_Exercise materials_
________
ghost use Rattle.std.specs.Prelude.{◌≡◌, IfErr, IfOk, None, OnOk, length};
ghost use Rattle.dag_core.specs.Ranges.{AreCountsInRange, counts_of};
ghost use Rattle.page_codec.specs.Breaks.{Refuses, first_directory_break};
ghost use Rattle.page_codec.specs.Fits.{FitsDirectory};
ghost use Rattle.page_codec.specs.Reading.{digests_of, directory_of, heads_of};
ghost use Rattle.page_codec.specs.Spelling.{directory_bytes, directory_length};

use crate::breaks::Refused;
use crate::directories::{Digests, Directory};
use crate::first_breaks::first_directory_break;
use crate::sizes::{CLUSTER_BYTES, GROUP_BYTES};
use crate::tables::{append_records, read_records};
use dag_core::{ClusterHeads, Counts, Groups, Heads};
use geom_core::Memory;
use std::alloc::Global;

/// Returns what the directory spells: its groups, its clusters, then its digests.
#[tactic(auto, unfolding(crate::specs::Spelling::directory_bytes))]
pub fn encode_directory(alloc: Global, directory: &Directory) -> Result<Vec<u8>, Memory>
    ensures directory { IfOk result (λ bytes. bytes.items ≡ directory_bytes directory.now) }
{
    let mut out = Vec::new(alloc);
    append_records(directory.heads.groups.as_slice(), &mut out)?;
    append_records(directory.heads.clusters.as_slice(), &mut out)?;
    append_records(directory.digests.as_slice(), &mut out)?;
    Ok(out)
}

/// Reads the groups and the clusters of a directory with these counts.
fn read_heads(alloc: Global, bytes: &[u8], counts: &Counts) -> Result<Heads, Memory>
    requires counts { AreCountsInRange counts.now }
    requires length { length bytes.now ≡ directory_length counts.now }
    ensures heads { IfOk result (λ heads. heads ≡ heads_of counts.now bytes.now) }
{
    let groups = read_records(alloc, bytes, counts.groups as usize)?;
    let start = GROUP_BYTES as usize * counts.groups as usize;
    let clusters = read_records(alloc, &bytes[start..], counts.clusters as usize)?;
    Ok(Heads {
        groups: Groups::of(groups),
        clusters: ClusterHeads::of(clusters),
        pages: counts.pages,
        roots: counts.roots,
        sources: counts.sources,
    })
}

/// Reads the digests of a directory with these counts.
fn read_digests(alloc: Global, bytes: &[u8], counts: &Counts) -> Result<Digests, Memory>
    requires counts { AreCountsInRange counts.now }
    requires length { length bytes.now ≡ directory_length counts.now }
    ensures digests { IfOk result (λ digests. digests ≡ digests_of counts.now bytes.now) }
{
    let groups = GROUP_BYTES as usize * counts.groups as usize;
    let start = groups + CLUSTER_BYTES as usize * counts.clusters as usize;
    let digests = read_records(alloc, &bytes[start..], counts.pages as usize)?;
    Ok(Digests::of(digests))
}

/// Decodes the directory of a file with these counts. `Bad` comes exactly where the bytes break a rule, unless
/// memory runs out; its offset counts from the directory's start.
#[tactic(auto, unfolding(crate::specs::Reading::directory_of))]
pub fn decode_directory(alloc: Global, bytes: &[u8], counts: &Counts) -> Result<Directory, Refused>
    requires counts { AreCountsInRange counts.now }
    requires length { length bytes.now ≡ directory_length counts.now }
    ensures directory { IfOk result (λ found. found ≡ directory_of counts.now bytes.now) }
    ensures spelling { IfOk result (λ found. directory_bytes found ≡ bytes.now) }
    ensures counts { IfOk result (λ found. counts_of found.heads ≡ counts.now) }
    ensures fits { IfOk result FitsDirectory }
    ensures no_break { OnOk result (first_directory_break counts.now bytes.now ≡ None) }
    ensures bad { IfErr result (Refuses (first_directory_break counts.now bytes.now)) }
{
    match first_directory_break(bytes, counts) {
        Some(found) => Err(Refused::Bad(found)),
        None => {
            let heads = read_heads(alloc, bytes, counts)?;
            let digests = read_digests(alloc, bytes, counts)?;
            Ok(Directory { heads, digests })
        }
    }
}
________
_Activity_
Every record must be retyped so that it matches the original exactly.

_Task solution_
ghost use Rattle.std.specs.Prelude.{◌≡◌, IfErr, IfOk, None, OnOk, length};
ghost use Rattle.dag_core.specs.Ranges.{AreCountsInRange, counts_of};
ghost use Rattle.page_codec.specs.Breaks.{Refuses, first_directory_break};
ghost use Rattle.page_codec.specs.Fits.{FitsDirectory};
ghost use Rattle.page_codec.specs.Reading.{digests_of, directory_of, heads_of};
ghost use Rattle.page_codec.specs.Spelling.{directory_bytes, directory_length};

use crate::breaks::Refused;
use crate::directories::{Digests, Directory};
use crate::first_breaks::first_directory_break;
use crate::sizes::{CLUSTER_BYTES, GROUP_BYTES};
use crate::tables::{append_records, read_records};
use dag_core::{ClusterHeads, Counts, Groups, Heads};
use geom_core::Memory;
use std::alloc::Global;

/// Returns what the directory spells: its groups, its clusters, then its digests.
#[tactic(auto, unfolding(crate::specs::Spelling::directory_bytes))]
pub fn encode_directory(alloc: Global, directory: &Directory) -> Result<Vec<u8>, Memory>
    ensures directory { IfOk result (λ bytes. bytes.items ≡ directory_bytes directory.now) }
{
    let mut out = Vec::new(alloc);
    append_records(directory.heads.groups.as_slice(), &mut out)?;
    append_records(directory.heads.clusters.as_slice(), &mut out)?;
    append_records(directory.digests.as_slice(), &mut out)?;
    Ok(out)
}

/// Reads the groups and the clusters of a directory with these counts.
fn read_heads(alloc: Global, bytes: &[u8], counts: &Counts) -> Result<Heads, Memory>
    requires counts { AreCountsInRange counts.now }
    requires length { length bytes.now ≡ directory_length counts.now }
    ensures heads { IfOk result (λ heads. heads ≡ heads_of counts.now bytes.now) }
{
    let groups = read_records(alloc, bytes, counts.groups as usize)?;
    let start = GROUP_BYTES as usize * counts.groups as usize;
    let clusters = read_records(alloc, &bytes[start..], counts.clusters as usize)?;
    Ok(Heads {
        groups: Groups::of(groups),
        clusters: ClusterHeads::of(clusters),
        pages: counts.pages,
        roots: counts.roots,
        sources: counts.sources,
    })
}

/// Reads the digests of a directory with these counts.
fn read_digests(alloc: Global, bytes: &[u8], counts: &Counts) -> Result<Digests, Memory>
    requires counts { AreCountsInRange counts.now }
    requires length { length bytes.now ≡ directory_length counts.now }
    ensures digests { IfOk result (λ digests. digests ≡ digests_of counts.now bytes.now) }
{
    let groups = GROUP_BYTES as usize * counts.groups as usize;
    let start = groups + CLUSTER_BYTES as usize * counts.clusters as usize;
    let digests = read_records(alloc, &bytes[start..], counts.pages as usize)?;
    Ok(Digests::of(digests))
}

/// Decodes the directory of a file with these counts. `Bad` comes exactly where the bytes break a rule, unless
/// memory runs out; its offset counts from the directory's start.
#[tactic(auto, unfolding(crate::specs::Reading::directory_of))]
pub fn decode_directory(alloc: Global, bytes: &[u8], counts: &Counts) -> Result<Directory, Refused>
    requires counts { AreCountsInRange counts.now }
    requires length { length bytes.now ≡ directory_length counts.now }
    ensures directory { IfOk result (λ found. found ≡ directory_of counts.now bytes.now) }
    ensures spelling { IfOk result (λ found. directory_bytes found ≡ bytes.now) }
    ensures counts { IfOk result (λ found. counts_of found.heads ≡ counts.now) }
    ensures fits { IfOk result FitsDirectory }
    ensures no_break { OnOk result (first_directory_break counts.now bytes.now ≡ None) }
    ensures bad { IfErr result (Refuses (first_directory_break counts.now bytes.now)) }
{
    match first_directory_break(bytes, counts) {
        Some(found) => Err(Refused::Bad(found)),
        None => {
            let heads = read_heads(alloc, bytes, counts)?;
            let digests = read_digests(alloc, bytes, counts)?;
            Ok(Directory { heads, digests })
        }
    }
}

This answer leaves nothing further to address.